Sub systems and capabilities tend to be more interesting than flat numbers.
What does this system do, what can't it do? What situations does it shine in? What situations is it limited in?
And honestly with ships it's kinda the same. Ships aren't interchangeable bigger doesn't mean better it also doesn't mean worse. Better or worse are subjective based on the mission.
 
I write combat RP a lot, especially when I have players (check out my interest check for a "new" jp plot with combat! I have to plug it somehow!) and have relied on DRv3 when my POV and the player's POV were not the same about shots taken or received. It is imperative that people that write combat get to keep DRv3. Fred made it and writes combat a bit like me, or at least I tried to learn from how he writes it. But if you're not writing combat that needs DR, don't worry.
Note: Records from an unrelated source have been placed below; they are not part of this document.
//! Reads the array of ordinary numbers that a piece starts with.

ghost use Rattle.std.specs.Prelude.{◌≡◌, ◌+◌, ◌^◌, ◌<◌, ◌≤◌, length, take, drop, get_or, IfSome, None};
ghost use Rattle.std.specs.List.{AllByRecursion};
ghost use Rattle.std.specs.Option.{option_to_list};
ghost use Rattle.gj_number.specs.Short.{exact_of, StartsWithPair};
ghost use Rattle.gj_json.specs.Bytes.{IsWhite, open_bracket, comma};
ghost use Rattle.gj_json.specs.Internal.SpelledNumbers.{IsFlat};
ghost use Rattle.gj_json.specs.Internal.FlatParts.{cut, IsItem, IsMore};

use crate::flat::{Flat, Numbered};
use crate::runs::white_run;
use gj_number::{Pair, Short, read_last_pair, read_pair, read_short};

/// The index after the white space at this one.
#[inline(always)]
pub fn white_end(piece: &[u8], at: usize) -> usize
    requires { at ≤ length piece.now }
    ensures on { at ≤ result }
    ensures within { result ≤ length piece.now }
    ensures white { AllByRecursion IsWhite (cut piece.now at result) }
{
    at + white_run(&piece[at..])
}

/// A comma that the piece starts with, and the white space after it: how many bytes.
#[inline(always)]
pub fn comma_run(piece: &[u8]) -> usize
    ensures within { result ≤ length piece.now }
    ensures comma { 0 < result → get_or piece.now 0 0 ≡ comma }
    ensures white { 0 < result → AllByRecursion IsWhite (cut piece.now 1 result) }
{
    if piece.is_empty() || piece[0] != b',' {
        return 0;
    }
    white_end(piece, 1)
}

/// Reads the ordinary number that stands at an index, with white space around it, in a piece that begins at the place
/// `start`: the index of the byte after that, or 0 where there is none.
#[inline(always)]
fn read_item(piece: &[u8], at: usize, start: u64, number: &mut Numbered) -> usize
    requires within { at ≤ length piece.now }
    requires small { start + length piece.now ≤ 2 ^ 60 }
    ensures on { 0 < result → at ≤ result }
    ensures within { 0 < result → result < length piece.now }
    ensures place { 0 < result → start + at ≤ number.new.place }
    ensures item { 0 < result → IsItem number.new (start + at) (cut piece.now at result) }
{
    let first = white_end(piece, at);
    let count = read_short(&piece[first..], &mut number.value);
    if count == 0 {
        return 0;
    }
    number.place = start + first as u64;
    let end = first + count;
    if piece[end] > b' ' {
        return end;
    }
    let end = white_end(piece, end);
    if end == piece.len() {
        return 0;
    }
    end
}

/// How long a piece must be at the least for its pair to be read where it stands: the bracket and what a pair is read with.
const PAIR_ROOM: usize = 41;

/// The pair after the first byte of a piece.
#[inline(always)]
fn pair_after_bracket(piece: &[u8], first: &mut Short, second: &mut Short) -> Option<Pair>
    requires { 0 < length piece.now }
    ensures { IfSome result (λ pair.
        StartsWithPair (drop 1 piece.now) (exact_of first.new) (exact_of second.new) pair.comma pair.second pair.end) }
{
    if piece.len() < PAIR_ROOM {
        return read_last_pair(&piece[1..], first, second);
    }
    if piece[1] <= b' ' {
        return None;
    }
    read_pair(&piece[1..], first, second)
}

/// Drops the third number of an array that was read before. Mostly there is none.
#[inline(always)]
fn drop_third(third: &mut Option<Numbered>)
    ensures { third.new ≡ None }
{
    if third.is_some() {
        *third = None;
    }
}

/// Reads the array of two or three ordinary numbers that is whole at the start of a piece, which begins at the place
/// `start`: how many bytes it has. Mostly it is a pair.
#[inline(always)]
pub fn read_flat(piece: &[u8], start: u64, flat: &mut Flat) -> Option<usize>
    requires some { 0 < length piece.now }
    requires bracket { get_or piece.now 0 0 ≡ open_bracket }
    requires small { start + length piece.now ≤ 2 ^ 60 }
    ensures some { IfSome result (λ count. 0 < count) }
    ensures within { IfSome result (λ count. count ≤ length piece.now) }
    ensures flat { IfSome result (λ count. IsFlat flat.new start (take count piece.now)) }
{
    let Some(pair) = pair_after_bracket(piece, &mut flat.first.value, &mut flat.second.value) else {
        let count = read_any_flat(piece, start, flat);
        return if count == 0 { None } else { Some(count) };
    };
    flat.place = start;
    flat.first.place = start + 1;
    flat.second.place = start + 1 + pair.second as u64;
    drop_third(&mut flat.third);
    flat.close = start + 1 + pair.end as u64;
    Some(pair.end + 2)
}

/// As `read_flat`, of an array that stands by itself.
// It is one function for all that take such an array, so that its code does not stand in each of them.
#[inline(never)]
pub fn read_lone_flat(piece: &[u8], start: u64, flat: &mut Flat) -> Option<usize>
    requires some { 0 < length piece.now }
    requires bracket { get_or piece.now 0 0 ≡ open_bracket }
    requires small { start + length piece.now ≤ 2 ^ 60 }
    ensures some { IfSome result (λ count. 0 < count) }
    ensures within { IfSome result (λ count. count ≤ length piece.now) }
    ensures flat { IfSome result (λ count. IsFlat flat.new start (take count piece.now)) }
{
    read_flat(piece, start, flat)
}

/// As `read_flat`, of numbers of any length, with white space around them.
#[inline(always)]
fn read_any_flat(piece: &[u8], start: u64, flat: &mut Flat) -> usize
    requires some { 0 < length piece.now }
    requires bracket { get_or piece.now 0 0 ≡ open_bracket }
    requires small { start + length piece.now ≤ 2 ^ 60 }
    ensures within { result ≤ length piece.now }
    ensures flat { 0 < result → IsFlat flat.new start (take result piece.now) }
{
    // No number stands before the start of the text, whichever are read.
    flat.place = 0;
    let first = read_item(piece, 1, start, &mut flat.first);
    if first == 0 || piece[first] != b',' {
        return 0;
    }
    let second = read_item(piece, first + 1, start, &mut flat.second);
    if second == 0 {
        return 0;
    }
    flat.third = None;
    flat.place = start;
    if piece[second] == b']' {
        flat.close = start + second as u64;
        return second + 1;
    }
    read_third(piece, second, start, flat)
}

/// Reads the third number, after the comma at an index, and the closing bracket: the index after that, or 0.
#[inline(never)]
fn read_third(piece: &[u8], at: usize, start: u64, flat: &mut Flat) -> usize
    requires within { at < length piece.now }
    requires place { flat.old.place ≤ start + at }
    requires small { start + length piece.now ≤ 2 ^ 60 }
    ensures within { result ≤ length piece.now }
    ensures first { flat.new.first ≡ flat.old.first }
    ensures second { flat.new.second ≡ flat.old.second }
    ensures place { flat.new.place ≡ flat.old.place }
    ensures on { 0 < result → at < result }
    ensures third { 0 < result → IsMore (option_to_list flat.new.third) flat.new.close (start + at) (cut piece.now at result) }
{
    if piece[at] != b',' {
        return 0;
    }
    let mut number = Numbered::blank();
    let third = read_item(piece, at + 1, start, &mut number);
    if third == 0 || piece[third] != b']' {
        return 0;
    }
    flat.third = Some(number);
    flat.close = start + third as u64;
    third + 1
}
It ain't broke to those that do, I promise!!

The only change I think DR needs after using it a lot is adding "distance". Shooting someone with tier 3 point blank will be different than from 20 feet away and I don't think DRv3 accounts for that?
 
Honestly, DRv3 was my try to make a big move away from hit points, while having some sense of what a weapon still does. It saw development pains, controversy, adaptation, and then various degrees of acceptance or adoption. I'd say that the feedback I got is generally consistent between "not needed", "much better than DRv2", "necessary evil" and "really great"... so, this thread seems like the typical spectrum of reactions.

So, all I can really share about it is the context of my worldview on it.

If I say "Anti-Materiel Rifle", most people are going to think about a big rifle that's a threat to a tank. That's the evocative vernacular I was aiming for.

So, in the near-end of the classic Robocop movie, when Murphy rolls his car next to the OCP building and gets the big anti-materiel rifle out to destroy the ED-209 in a single hit, it's supposed to be the natural conclusion that "Oh, this is a Light Anti-Mecha weapon. It killed a mecha in a single hit."

I relate with Andrew in thinking its unnecessary, because a large part of DRv3 is meant to be self-evident. But this is a sci-fi setting where people design stuff, and I think it's helpful to be able to place a gun, call it a "Medium Anti-Personnel weapon" and have a general idea of how well it'll do against most people, and how well it'll do against power armor.

If we put Robocop in as a 'light power armor', having an entire police force mow down at him with their larger caliber guns is something Robocop can endure much better and much longer than anyone else could, but DRv3 informs that you can expect a Medium Anti-Personnel weapon to wear down a defense equal to 'Light Power Armor' eventually.

Is something in the light mecha category because of its size, armor plating, thickness of it - I didn't delve into that in DRv3, because it's not its job. DRv3 is not there to tell you how to design stuff. The actual nitty-gritty of the weapon or armor is up to the submission to sell (i.e.: even sheet-thin zesuaium armor will make small-arm fire behave much differently against a light power armor using that for protection; or effective range of the weapon like Ametheliana alluded to).

So, really, they're more ballparks of expectations... which can be useful because we're a lot of different people, with different mindsets and expectations... and it can be nice to have a baseline. Thankfully, it seems to have lived up to its context as 'in-character common sense' more than the ill-fitting straightjacket previous versions were used for.
 
This suggestion doesn't seem to be what the community wants based on the votes so I will close it. Thanks everyone for your feedback and thoughts.